India will take nearly 75 years to achieve a quarter of the per capita income levels of the United States if current economic trends persist, according to the World Bank’s new report.
The report titled, ‘World Development Report 2024: The Middle IncomeTrap’ highlighted significant challenges faced by over 100 countries, including India, in their efforts to become high-income nations in the coming decades.
It emphasized that countries often encounter a "trap" when their annual GDP per person reaches around 10 percent of the U.S. level, currently estimated at $8,000. This income level places them within the "middle-income" category.

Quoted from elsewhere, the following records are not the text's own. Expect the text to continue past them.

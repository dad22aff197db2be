//! The runs of terminals and connections.
ghost use Rattle.std.specs.Prelude.{◌≡◌, ◌∷◌, [], ◌++◌, IfOk, OnOk};
ghost use Rattle.std.specs.List.{flat_map};
ghost use Rattle.expression_bits.specs.Runs.{part_runs, pick_run, place_runs};

use crate::literals::{number_bits, place_bits};
use crate::runs::{BitRun, RunList};
use byte_lists::Bytes;
use sqlite_items::Items;
use std::alloc::{AllocError, Global};
use v_lexer::{Bit, BitList};
use v_tree::{Expr, Pick};

/// The run of a net or of bits of it.
pub fn pick_run(alloc: Global, pick: &Pick) -> Result<BitRun, AllocError>
    ensures { IfOk result (λ run. run ≡ pick_run pick.now) }
{
    let name = Vec::from_slice(alloc, pick.name.text.as_slice())?;
    Ok(BitRun::Net(Bytes::from_vec(name), pick.select))
}

/// The run of a literal's bits.
pub fn literal_run(bits: Vec<Bit>) -> BitRun
    ensures { result ≡ BitRun.Literal bits.items }
{
    BitRun::Literal(BitList::from_vec(bits))
}

/// Adds the runs of a part of a concatenation.
fn push_part(alloc: Global, runs: &mut RunList, part: &Expr) -> Result<(), AllocError>
    ensures { OnOk result (runs.new ≡ runs.old ++ part_runs part.now) }
{
    match part {
        Expr::Pick(pick) => runs.push(pick_run(alloc, pick)?)?,
        Expr::Number(_, number) => runs.push(literal_run(number_bits(alloc, 32, *number)?))?,
        Expr::Based(_, literal) => {
            runs.push(BitRun::Literal(literal.bits.copied(alloc)?))?;
        }
        Expr::Concat(_, parts) => {
            for inner in parts.as_slice() {
                push_part(alloc, runs, inner)?;
            }
        }
    }
    Ok(())
}

/// The runs of the parts of a concatenation.
pub fn parts_runs(alloc: Global, parts: &[Expr]) -> Result<RunList, AllocError>
    ensures { IfOk result (λ runs. runs ≡ flat_map part_runs parts.now) }
{
    let mut runs = Items::new(alloc);
    for part in parts {
        push_part(alloc, &mut runs, part)?;
    }
    Ok(runs)
}

/// One run.
fn one_run(alloc: Global, run: BitRun) -> Result<RunList, AllocError>
    ensures { IfOk result (λ runs. runs ≡ run ∷ []) }
{
    let mut runs = Items::new(alloc);
    runs.push(run)?;
    Ok(runs)
}

/// The run of a net or of bits of it, alone.
pub fn pick_runs(alloc: Global, pick: &Pick) -> Result<RunList, AllocError>
    ensures { IfOk result (λ runs. runs ≡ pick_run pick.now ∷ []) }
{
    one_run(alloc, pick_run(alloc, pick)?)
}

/// The run of a literal's bits, alone.
pub fn literal_runs(alloc: Global, bits: Vec<Bit>) -> Result<RunList, AllocError>
    ensures { IfOk result (λ runs. runs ≡ BitRun.Literal bits.items ∷ []) }
{
    one_run(alloc, literal_run(bits))
}

/// The runs of bits of an expression that is a terminal or a connection of a width (IEEE 1364-2005,
/// 5.1.14 and 3.5.1), the leftmost first.
pub fn place_runs(alloc: Global, width: usize, expr: &Expr) -> Result<RunList, AllocError>
    ensures { IfOk result (λ runs. runs ≡ place_runs width expr.now) }
{
    match expr {
        Expr::Pick(pick) => pick_runs(alloc, pick),
        Expr::Number(_, number) => literal_runs(alloc, number_bits(alloc, width, *number)?),
        Expr::Based(_, literal) => literal_runs(alloc, place_bits(alloc, width, literal)?),
        Expr::Concat(_, parts) => parts_runs(alloc, parts.as_slice()),
    }
}
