//! The bits that an expression stands for in its place, from the left.
#![tactic(auto)]

mod literals;
mod places;
mod runs;
mod values;
mod widths;

pub use places::{pick_run, place_runs};
pub use runs::{BitRun, RunList};
pub use values::{ValueRuns, value_runs};
pub use widths::{run_width, runs_width};
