use byte_lists::Bytes;
use sqlite_items::Items;
use v_lexer::BitList;
use v_tree::Select;

/// Bits that stand side by side in an expression: a net or bits of it, by the net's name, or the bits
/// of a literal from the left.
#[derive(Debug, Drop)]
pub enum BitRun {
    Net(Bytes, Option<Select>),
    Literal(BitList),
}

/// Runs of bits, the leftmost first.
pub type RunList = Items<BitRun>;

The report states that since 1990, only 34 middle-income economies have successfully transitioned to high-income status. The report pointed out that more than a third of these countries benefited from integration into the European Union or discovered oil reserves.
As of the end of 2023, 108 countries were classified as middle-income, with annual GDP per capita ranging from $1,136 to $13,845. These countries account for about 75 percent of the global population, with two-thirds of their inhabitants living in extreme poverty. India was listed among those countries.
The institution referenced Prime Minister Narendra Modi's vision of transforming India into a developed economy by 2047, when the nation will celebrate 100 years of independence. While Modi has frequently expressed this ambition, the report suggested that achieving such a transition within 50 years, as South Korea did in 25, would be a considerable feat.
In April, Franziska Ohnsorge, the World Bank’s Chief Economist for South Asia, emphasized that India would need significant reforms to boost employment to meet its 2047 target.
Indermit Gill, Chief Economist at the World Bank Group, warned of the formidable challenges ahead. "The road ahead has even stiffer challenges than those seen in the past: rapidly aging populations and burgeoning debt, fierce geopolitical and trade frictions, and the growing difficulty of speeding up economic progress without fouling the environment," he stated.
He criticized the outdated policies many middle-income countries still rely on, describing it as "like driving a car just in first gear and trying to make it go faster."
Gill further noted that if countries do not modernize their strategies, most will fail to create "reasonably prosperous societies by the middle of this century." The report proposed a three-pronged approach for escaping the middle-income trap: focusing on investment, incorporating new technologies from abroad, and balancing these with innovation.